Exactly, why God why?!

Anyway, so when I was young, I was fascinated with Paris and it's beauty and I wanted to visit it someday. So I made a bucket list, which contained an item of going to Paris alone.

So here I am, fulfilling it.

My mother is worried about me, I have never travelled alone before, that to, to an another country. She asked me if she could accompany me but I politely declined the offer. She even suggested me to take a friend of mine along, but no, I want to do this, alone.

That doesn't mean I am not scared, the trip is scaring the crap out of me but it gives me thrill. I don't know what's gonna happen, but I am doing this. I was never a spontaneous person, I always had a detailed plan outlining everything but for this trip I haven't planned anything.
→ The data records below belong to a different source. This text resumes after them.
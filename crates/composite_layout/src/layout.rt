ghost use Rattle.std.specs.Prelude.{◌≡◌, List, IfOk, length, filter, position};
ghost use Rattle.composite_layout.specs.LookUps.{begins_mirror, covers};
ghost use Rattle.composite_layout.specs.declared.component.Component.{Component};

use crate::choices::ready_mirror;
use crate::component::{Component, State};
use crate::look_ups::wholly_fresh;
use flr_base::{NoMemory, Range};
use std::alloc::Global;
use std::marker::Model;

/// A valid composite layout. Code that makes one or changes its fields has to show that it is
/// valid, so none other is ever seen.
#[derive(Debug, Drop)]
pub struct Layout {
    /// From 1 on; one more for each change.
    pub generation: u32,
    pub state: State,
    /// The id that the next new mirror gets.
    pub next_mirror: u32,
    /// The number that the next new component gets.
    pub next_counter: u32,
    /// In ascending order of mirror, then of extent.
    pub components: Vec<Component>,
}

impl Model for Layout {
    ghost use Rattle.composite_layout.specs.Layouts.{Composite, IsValid};

    ghost Value = { Composite };

    ghost view = { λ l. record {
      generation = l.generation;
      state = l.state;
      next_mirror = l.next_mirror;
      next_counter = l.next_counter;
      components = l.components.items;
    } };

    ghost invariant = { λ l. IsValid (record {
      generation = l.generation;
      state = l.state;
      next_mirror = l.next_mirror;
      next_counter = l.next_counter;
      components = l.components.items;
    }) };
}

impl Layout {
    ghost use Rattle.std.specs.Prelude.{◌≡◌, ◌<◌, length, nat_eq, IfOk, IsSome, IsTrue, true, slice_get, slice_index, position, OnSome};
    ghost use Rattle.composite_layout.specs.Layouts.{Composite, IsValid, eof};
    ghost use Rattle.composite_layout.specs.LookUps.{covers, has_mirror, mirror_ids, wholly_fresh};
    ghost use Rattle.composite_layout.specs.Choices.{is_ready};

    /// The layout with these values, which are those of a valid one.
    pub fn of(
        generation: u32,
        state: State,
        next_mirror: u32,
        next_counter: u32,
        components: Vec<Component>,
    ) -> Layout
        requires { IsValid (record { generation = generation; state = state; next_mirror = next_mirror; next_counter = next_counter; components = components.items }) }
        ensures same { result ≡ record { generation = generation; state = state; next_mirror = next_mirror; next_counter = next_counter; components = components.items } }
    {
        Layout {
            generation,
            state,
            next_mirror,
            next_counter,
            components,
        }
    }

    /// The same layout once more.
    pub fn copy(&self) -> Result<Layout, NoMemory>
        ensures same { IfOk result (λ copy. copy ≡ self.now) }
    {
        let alloc = *self.components.allocator();
        let components = copy_components(alloc, self.components.as_slice())?;
        Ok(Layout {
            generation: self.generation,
            state: self.state,
            next_mirror: self.next_mirror,
            next_counter: self.next_counter,
            components,
        })
    }

    /// How often the layout was changed, from 1 on.
    pub fn generation(&self) -> u32
        ensures same { result ≡ self.now.generation }
    {
        self.generation
    }

    /// The state of the mirrors.
    pub fn state(&self) -> State
        ensures same { result ≡ self.now.state }
    {
        self.state
    }

    /// The id that the next new mirror gets.
    pub fn next_mirror(&self) -> u32
        ensures same { result ≡ self.now.next_mirror }
    {
        self.next_mirror
    }

    /// The number that the next new component gets.
    pub fn next_counter(&self) -> u32
        ensures same { result ≡ self.now.next_counter }
    {
        self.next_counter
    }

    /// How many components there are.
    pub fn len(&self) -> usize
        ensures count { result ≡ length self.now.components }
    {
        self.components.len()
    }

    /// Whether there is no component. There always is one.
    pub fn is_empty(&self) -> bool
        ensures none { result ≡ nat_eq (length self.now.components) 0 }
    {
        self.components.is_empty()
    }

    /// The components in ascending order of mirror, then of extent.
    pub fn components(&self) -> &[Component]
        ensures same { result.now ≡ self.now.components }
        ensures valid { IsValid self.now }
    {
        self.components.as_slice()
    }

    /// The component at this place.
    pub fn component(&self, index: usize) -> &Component
        requires { index < length self.now.components }
        ensures there { slice_get self.now.components index ≡ Some result.now }
    {
        &self.components[index]
    }

    /// The place of the component with this id.
    pub fn by_id(&self, id: u32) -> Option<usize>
        ensures first { result ≡ position (λ c. nat_eq c.id id) self.now.components }
    {
        self.components
            .iter()
            .position(|component| component.id == id)
    }

    /// The place of the mirror's component that has this byte of the file. There is none for EOF.
    pub fn covering(&self, mirror: u16, byte: u64) -> Option<usize>
        ensures first { result ≡ position (covers mirror byte) self.now.components }
        ensures there { has_mirror mirror self.now.components ≡ true → byte < eof → IsSome result }
    {
        place_covering(&self.components, mirror, byte)
    }

    /// How many mirrors there are.
    #[tactic(auto, using(crate::proofs::Steps::length_ids))]
    pub fn mirrors(&self) -> usize
        ensures count { result ≡ length (mirror_ids self.now.components) }
    {
        count_first(&self.components)
    }

    /// The id of the mirror at this place, in ascending order of ids.
    pub fn mirror_at(&self, index: usize) -> u16
        requires { index < length (mirror_ids self.now.components) }
        ensures there { result ≡ slice_index (mirror_ids self.now.components) index }
    {
        let mut before = index;
        for component in &self.components {
            if component.extent.start == 0 {
                if before == 0 {
                    return component.mirror;
                }
                before -= 1;
            }
        }
        unreachable!()
    }

    /// Whether there is such a mirror, and none of its components is stale.
    pub fn wholly_fresh(&self, mirror: u16) -> bool
        ensures says { result ≡ wholly_fresh mirror self.now.components }
    {
        wholly_fresh(&self.components, mirror)
    }

    /// Whether a write of these bytes may go to the file as its layout stands: the state is `0` or
    /// `wp`, and over the range all components of one mirror are fresh, have their objects and aren't
    /// `offline`, and all those of the others are stale.
    pub fn is_ready(&self, range: Range) -> bool
        ensures says { result ≡ is_ready self.now range }
        ensures valid { IsValid self.now }
    {
        self.state.takes_writes() && ready_mirror(&self.components, range).is_some()
    }
}

fn place_covering(components: &[Component], mirror: u16, byte: u64) -> Option<usize>
    ensures { result ≡ position (covers mirror byte) components.now }
{
    components.iter().position(|component| {
        component.mirror == mirror && component.extent.start <= byte && byte < component.extent.end
    })
}

/// How many components begin a mirror.
fn count_first(components: &[Component]) -> usize
    ensures { result ≡ length (filter begins_mirror components.now) }
{
    components
        .iter()
        .filter(|component| component.extent.start == 0)
        .count()
}

fn copy_components(alloc: Global, components: &[Component]) -> Result<Vec<Component>, NoMemory>
    ensures same { IfOk result (λ copy. copy.items ≡ components.now) }
{
    let mut copies = Vec::new(alloc);
    for component in components {
        let copy = component.copy()?;
        copies.push(copy)?;
    }
    Ok(copies)
}
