ghost use Rattle.std.specs.Prelude.{◌≡◌, is_some};
ghost use Rattle.std.specs.List.{find, list_any};
ghost use Rattle.composite_layout.specs.Choices.{is_ready_mirror};
ghost use Rattle.composite_layout.specs.LookUps.{mirror_ids};

use crate::component::Component;
use flr_base::Range;

/// The first mirror, in the order of the components, that may take a write of these bytes: its own
/// components over the range are fresh, have their objects and aren't `offline`, and those of the
/// other mirrors are stale.
#[tactic(auto, using(crate::proofs::Steps::some_found))]
pub fn ready_mirror(components: &[Component], range: Range) -> Option<u16>
    ensures first { result ≡ find (is_ready_mirror range components.now) (mirror_ids components.now) }
    ensures there { is_some result ≡ list_any (is_ready_mirror range components.now) (mirror_ids components.now) }
{
    find_ready_mirror(components, range)
}

fn find_ready_mirror(components: &[Component], range: Range) -> Option<u16>
    ensures { result ≡ find (is_ready_mirror range components.now) (mirror_ids components.now) }
{
    for component in components {
        if component.extent.start == 0 && is_ready_mirror(components, range, component.mirror) {
            return Some(component.mirror);
        }
    }
    None
}

/// Whether the mirror may take a write of these bytes.
fn is_ready_mirror(components: &[Component], range: Range, mirror: u16) -> bool
    ensures { result ≡ is_ready_mirror range components.now mirror }
{
    components.iter().all(|component| !component.overlaps(range) || component.is_open_to(mirror))
}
I have packed my suitcase. I went shopping with the money I saved. I saved a lot...I mean I wanted to make this trip memorable so I made sure I was doing everything right.

After speaking to myself and contemplating my decision I leave my room and head to the kitchen. I make a smoothie for myself and pour it into a sipper and leave to collect my paycheck. I also have to drop by at the University to borrow some books from the library, I'll need something to read on the plane.

I get into my car and blast some music when my mother calls abruptly, I pick up immediately.

"Hello Mom, what's up, I miss you", I say greeting her.

"Hey Amiee, I miss you too, I've been worried for you, have you packed everything? Do you have enough money? Should I transfer some to your bank account? I know you don't like taking money from us but please let me do something for you", my mother says all this in one breath.

"Chill mom, take a deep breath, I am fine, I packed everything, I have plenty of money don't worry and yes I hate when you do that so please don't do it", I smile and say.

"God Amiee, you are going to make me old faster than nature, you've been living alone since 17 and now going to Paris all alone".

"Mom it's fine, I am a big girl now, you don't need to worry about me".

"You know I'll always worry about you".

"I know Mom, I love you, I'll take care I promise"

I hear my mom sign through the phone.

"Are you sure about this Amiee, it's not safe to go all alone to a new place, especially if you haven't ever travelled alone, what if you get lost, what if you get kidnapped? You know all these things right?".

Truth to be told, I am scared too. I hear so many cases about rape, murder, abduction, people going missing and stuff but I don't want to hold back because of these things. Ofcourse I'll be careful but I don't wanna be scared for all my life.

"Mom, it's gonna be great, trust me. I gotta go now, I'll call you later. Love you".

"Love you Amiee, take care". She says sadly and cuts the phone.

After speaking to my mom, I am having anxiety about this whole trip, am I making the right decision?